A glycoprotein rapidly degraded within the digestive tract, rIFN-α2 is administered intravenously, intramuscularly, or subcutaneously to achieve systemic levels. Intravenous rIFN-α2 has exhibited equivocal efficacy in MF stage IV patients and is less commonly utilized because of the rapid decline in serum concentration following administration [9]. Both intramuscular (IM) and subcutaneous (SC) administrations have demonstrated significant anti-tumor activity, resulting in partial or complete responses in MF patients at various stages of disease [9]. However, IM and SC delivery requires higher dosing for therapeutic efficacy, leading to considerable systemic toxicity and a constellation of dose-dependent side effects such as fevers, thrombocytopenia, leukopenia, and sepsis [9]. Studies with higher doses (>30 MU IFN/week) given through IM injections necessitated dose reductions in as high as 50% of patients because of significant toxicity [10].
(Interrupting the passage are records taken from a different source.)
// The field of 256 elements: bytes, whose sum is the exclusive or and whose product is reduced by the polynomial 11D.
// Every function is total. Products, inverses and powers are worked out by shifting and reducing; no contract tells how.
#![tactic(auto)]

ghost use Rattle.std.specs.Prelude.{◌≡◌, ◌*◌, ◌/◌, ◌%◌, ◌<◌};
ghost use Rattle.field.specs.Field.{◌⊕◌, ◌⊗◌, gpow, inverse_of, polynomial, generator, order, times};
ghost use Rattle.field.specs.Euclid.{Rest};

// An element. Bit i of the byte is the coefficient of x^i.
#[derive(Clone, Copy)]
pub struct Gf(pub u8);

impl Gf {
    // x^8 + x^4 + x^3 + x^2 + 1, which products are reduced by.
    pub const POLYNOMIAL: u16 = 0x11d;
    // g, whose powers are all the non-zero elements.
    pub const GENERATOR: u8 = 2;
    // How many non-zero elements there are.
    pub const ORDER: usize = 255;

    // The constant POLYNOMIAL, which is the definition's.
    pub fn polynomial() -> u16
        ensures value { result ≡ polynomial }
        ensures named { result ≡ Gf.POLYNOMIAL }
    {
        Gf::POLYNOMIAL
    }

    // The constant GENERATOR, which is the definition's.
    pub fn generator() -> u8
        ensures value { result ≡ generator }
        ensures named { result ≡ Gf.GENERATOR }
    {
        Gf::GENERATOR
    }

    // The constant ORDER, which is the definition's.
    pub fn order() -> usize
        ensures value { result ≡ order }
        ensures named { result ≡ Gf.ORDER }
    {
        Gf::ORDER
    }

    // The sum, which is the difference too.
    pub fn sum(self, o: Gf) -> Gf
        ensures { result.0 ≡ self.0 ⊕ o.0 }
    {
        Gf(self.0 ^ o.0)
    }

    // The product; with zero it is zero. For each bit of the first the second is added, and doubled for the next.
    pub fn product(self, o: Gf) -> Gf
        ensures { result.0 ≡ self.0 ⊗ o.0 }
    {
        let mut b = o.0;
        let mut sum = 0;
        for i in 0..8u32 {
            sum ^= low_times(self.0 >> i, b);
            b = double(b);
        }
        Gf(sum)
    }

    // The inverse; of zero it is zero. By Euclid's algorithm on two polynomials, the reducing one and the element, each in the high half of
    // a number, until one is 1; in the low half stands by what this element is to be multiplied to give it.
    pub fn inverse(self) -> Gf
        ensures { result.0 ≡ inverse_of self.0 }
    {
        if self.0 == 0 {
            return self;
        }
        let mut u = u32::from(Gf::POLYNOMIAL) * 65536;
        let mut v = u32::from(self.0) * 65536 + 1;
        while 131072 <= v {
            let w = rest(u, v);
            u = v;
            v = w;
        }
        Gf((v % 256) as u8)
    }

    // g to the power of n: below 8 a shift, below 128 a shift and a reduction, and else the square of the power of half as much.
    pub fn power(n: usize) -> Gf
        ensures { result.0 ≡ gpow n }
    {
        if n < 8 {
            return Gf(1 << n);
        }
        if n < 128 {
            return Gf(low_power(n));
        }
        let m = n % Gf::ORDER;
        let half = Gf(low_power(m / 2));
        let even = half.product(half);
        if m % 2 == 0 {
            return even;
        }
        Gf(double(even.0))
    }
}

// x^8, as which the bit of x^7 comes back when a byte is doubled: the polynomial without its highest term.
const REDUCTION: u8 = (Gf::POLYNOMIAL - 256) as u8;

// Twice x.
pub fn double(x: u8) -> u8
    ensures { result ≡ 2 ⊗ x }
{
    ((x % 128) * 2) ^ ((x / 128) * REDUCTION)
}

// The lowest bit of a times b.
fn low_times(a: u8, b: u8) -> u8
    ensures { result ≡ times (a % 2) b }
{
    if a % 2 == 0 {
        return 0;
    }
    b
}

// What is left of u once v is taken from it, shifted to u's highest bit, until v is the longer one.
fn rest(u: u32, v: u32) -> u32
    requires { 0 < v }
    ensures { Rest v u result }
{
    let z = v.leading_zeros();
    let mut w = u;
    while w.leading_zeros() <= z {
        w ^= v << (z - w.leading_zeros());
    }
    w
}

// g^0, g^8, .. g^56 as the bytes of a number, the first lowest. No array: the compiler would copy it to the stack, and folds took longer.
const EIGHTHS: u64 = 0x5d466a9d8f4c1d01;

// g^64, g^72, .. g^120 likewise.
const EIGHTHS_FROM_64: u64 = 0x3b810dd9fefd655f;

// g to the power of n, less what n is above a multiple of 8.
fn eighth_power(n: usize) -> u64
    requires { n < 128 }
    ensures { result ≡ gpow (n / 8 * 8) }
{
    if n < 64 {
        return (EIGHTHS >> (n / 8 * 8)) % 256;
    }
    (EIGHTHS_FROM_64 >> (n / 8 * 8 - 64)) % 256
}

// g to the power of n: an eighth power, shifted by what is left. Its bits from x^8 on say how often the polynomial goes in.
fn low_power(n: usize) -> u8
    requires { n < 128 }
    ensures { result ≡ gpow n }
{
    let v = eighth_power(n) << (n % 8);
    let h = v / 256;
    let q = h ^ (h / 16) ^ (h / 32) ^ (h / 64);
    ((v ^ q ^ (q << 2) ^ (q << 3) ^ (q << 4)) % 256) as u8
}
In response to these limitations, rIFN-α2 has also been delivered intralesionally (Table 1). Requiring lower doses to achieve plaque regression, intralesional rIFN-α2 has been recommended as a more tolerable alternative [9]. The doses of intralesional injection in prior reports ranged from 1-2 MU 3x/wk, with response times that varied from 4-12 weeks [2-4]. Several cohort pilot studies also reported beneficial effects in uninjected plaques, with improvement in distant lesions in as many as 7 out of 9 patients treated with intralesional rIFN-α2 [3]. Whether the response represented an abscopal effect and/or systemic immunostimulation is unclear. In one report, intralesional injection of rIFN-α2 reduced helper T-cell/suppressor T-cell ratios within treated lesions [3]. Moreover, three patients who had previously failed IM rIFN-α2 therapy experienced complete resolution of their lesions after initiating intralesional rIFN-α2 [4]. Although the incidence and severity of side effects were lower than those observed with high dose IM or SC injections, patients still experienced transient flu-like symptoms [2].
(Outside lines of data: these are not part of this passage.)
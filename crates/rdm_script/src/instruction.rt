//! What each instruction object says.
ghost use Rattle.std.specs.Prelude.{◌≡◌};
ghost use Rattle.serde_json.specs.View.{view};
ghost use Rattle.rdm_json.specs.Results.{result_map, present};
ghost use Rattle.rdm_script.specs.Instructions.{as_port, open_of, insert_of, reg_of, send_of, want_of, recv_of, cancel_of, note_of, await_of, wait_of, close_of, word_of, said, instr_of};
ghost use Rattle.rdm_script.specs.Drafts.{made};

use crate::Reason;
use crate::content::{as_length, content_of};
use crate::draft::Draft;
use crate::fields::Version;
use crate::ranges::{as_parts, as_u32, written_of};
use rdm_json::{Form, is_set, known, number, optional, text};
use rdm_model::{Instr, OpName};
use rdm_num::{Connid, Life, PortNo, RecvNo, RecvReq, RegionNo, SendReq, Want};
use serde_json::Value;

/// A port that may be absent.
fn as_port(n: Option<u64>) -> Result<Option<PortNo>, Reason>
    ensures { result ≡ as_port n }
{
    match n {
        Some(n) => Ok(Some(PortNo(as_u32(n)?))),
        None => Ok(None),
    }
}

fn open_of(value: &Value) -> Result<Instr, Reason>
    ensures { result ≡ open_of (view value.now) }
{
    known(Form::Open, value)?;
    let connid = number(value, "connid")?;
    Ok(Instr::OpenLife {
        connid: Connid(as_u32(connid)?),
    })
}

fn insert_of(value: &Value) -> Result<Instr, Reason>
    ensures { result ≡ insert_of (view value.now) }
{
    known(Form::Insert, value)?;
    let port = number(value, "port")?;
    let connid = number(value, "connid")?;
    let life = Life {
        port: PortNo(as_u32(port)?),
        connid: Connid(as_u32(connid)?),
    };
    Ok(Instr::Insert { life })
}

fn send_of(version: Version, value: &Value) -> Result<Instr, Reason>
    ensures { result ≡ send_of version (view value.now) }
{
    let written = written_of(version, value)?;
    let to = number(value, "to")?;
    let tag = optional(value, "tag")?;
    let cq_data = optional(value, "data")?;
    let confirm = is_set(value, "confirm")?;
    Ok(Instr::Send(SendReq {
        to: PortNo(as_u32(to)?),
        parts: as_parts(written.as_slice())?,
        tag,
        cq_data,
        confirm,
    }))
}

/// Bits are ignored only of a tag, and none where that is not said.
fn want_of(tag: Option<u64>, ignore: Option<u64>) -> Result<Option<Want>, Reason>
    ensures { result ≡ want_of tag ignore }
{
    match (tag, ignore) {
        (None, None) => Ok(None),
        (None, Some(_)) => Err(Reason::Shape),
        (Some(tag), None) => Ok(Some(Want { tag, ignore: 0 })),
        (Some(tag), Some(ignore)) => Ok(Some(Want { tag, ignore })),
    }
}

fn recv_of(value: &Value) -> Result<Instr, Reason>
    ensures { result ≡ recv_of (view value.now) }
{
    known(Form::Recv, value)?;
    let from = optional(value, "from")?;
    let region = number(value, "region")?;
    let at = number(value, "at")?;
    let len = number(value, "len")?;
    let tag = optional(value, "tag")?;
    let ignore = optional(value, "ignore")?;
    let want = want_of(tag, ignore)?;
    Ok(Instr::Recv(RecvReq {
        from: as_port(from)?,
        region: RegionNo(as_u32(region)?),
        at,
        len: u64::from(as_length(len)?),
        want,
    }))
}

fn cancel_of(value: &Value) -> Result<Instr, Reason>
    ensures { result ≡ cancel_of (view value.now) }
{
    known(Form::Cancel, value)?;
    let recv = number(value, "recv")?;
    Ok(Instr::Cancel { recv: RecvNo(recv) })
}

fn note_of(value: &Value) -> Result<Instr, Reason>
    ensures { result ≡ note_of (view value.now) }
{
    known(Form::Note, value)?;
    let to = number(value, "to")?;
    let what = number(value, "what")?;
    let to = PortNo(as_u32(to)?);
    Ok(Instr::Note { to, what })
}

fn await_of(value: &Value) -> Result<Instr, Reason>
    ensures { result ≡ await_of (view value.now) }
{
    known(Form::Await, value)?;
    let from = number(value, "from")?;
    let what = number(value, "what")?;
    let from = PortNo(as_u32(from)?);
    Ok(Instr::Await { from, what })
}

fn wait_of(value: &Value) -> Result<Instr, Reason>
    ensures { result ≡ wait_of (view value.now) }
{
    known(Form::Wait, value)?;
    let count = number(value, "count")?;
    Ok(Instr::Wait { count })
}

fn close_of(value: &Value) -> Result<Instr, Reason>
    ensures { result ≡ close_of (view value.now) }
{
    known(Form::Close, value)?;
    Ok(Instr::CloseLife)
}

/// The words of instructions.
fn word_of(word: &str) -> Result<OpName, Reason>
    ensures { result ≡ present Reason.Shape (word_of word.now) }
{
    match word {
        "open" => Ok(OpName::Open),
        "insert" => Ok(OpName::Insert),
        "reg" => Ok(OpName::Reg),
        "send" => Ok(OpName::Send),
        "recv" => Ok(OpName::Recv),
        "cancel" => Ok(OpName::Cancel),
        "note" => Ok(OpName::Note),
        "await" => Ok(OpName::Await),
        "wait" => Ok(OpName::Wait),
        "close" => Ok(OpName::Close),
        _ => Err(Reason::Shape),
    }
}

/// What an object says, whose word is this.
fn said(version: Version, word: OpName, value: &Value) -> Result<Draft<'_>, Reason>
    ensures { result_map made result ≡ said version word (view value.now) }
{
    let instr = match word {
        OpName::Open => open_of(value)?,
        OpName::Insert => insert_of(value)?,
        OpName::Reg => return Ok(Draft::Region(content_of(value)?)),
        OpName::Send => send_of(version, value)?,
        OpName::Recv => recv_of(value)?,
        OpName::Cancel => cancel_of(value)?,
        OpName::Note => note_of(value)?,
        OpName::Await => await_of(value)?,
        OpName::Wait => wait_of(value)?,
        OpName::Close => close_of(value)?,
    };
    Ok(Draft::Made(instr))
}

/// The instruction of an object.
pub fn instr_of(version: Version, value: &Value) -> Result<Draft<'_>, Reason>
    ensures { result_map made result ≡ instr_of version (view value.now) }
{
    let word = word_of(text(value, "op")?)?;
    said(version, word, value)
}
Table 1. The use of intralesional rIFN-α2 in the treatment of plaque-stage MF.

# of Patients Dose/Duration Stage Response Reference
9 2 MU (3x per week) I 3 CR, 6 PR Wolff et al. 1985 [3]
6 1 MU (3x per week) I, II 10 lesions CR, 2 lesions PR Vonderheid et al. 1987 [2]
3 1 MU I, II 2 PR Qiu et al. 1996 [4]
1 0.5 MU (3x per week) / 1 MU (3x per week) I CR This report
1 0.5 MU (3x per week) / 1 MU (3x per week) II CR This report

Key: CR (complete response), complete clinical remission (100% of lesions); PR (partial response), diminution of measurable disease (>0% lesion resolution, but <100%); SD (stable disease), no discernible change in lesions; PD (progressive disease), >50% worsening of skin lesions. Stage I: T1/T2, N0, M0, B0/B1; Stage II: T1/T2/T3, N0/N1,N2, M0, B0/B1.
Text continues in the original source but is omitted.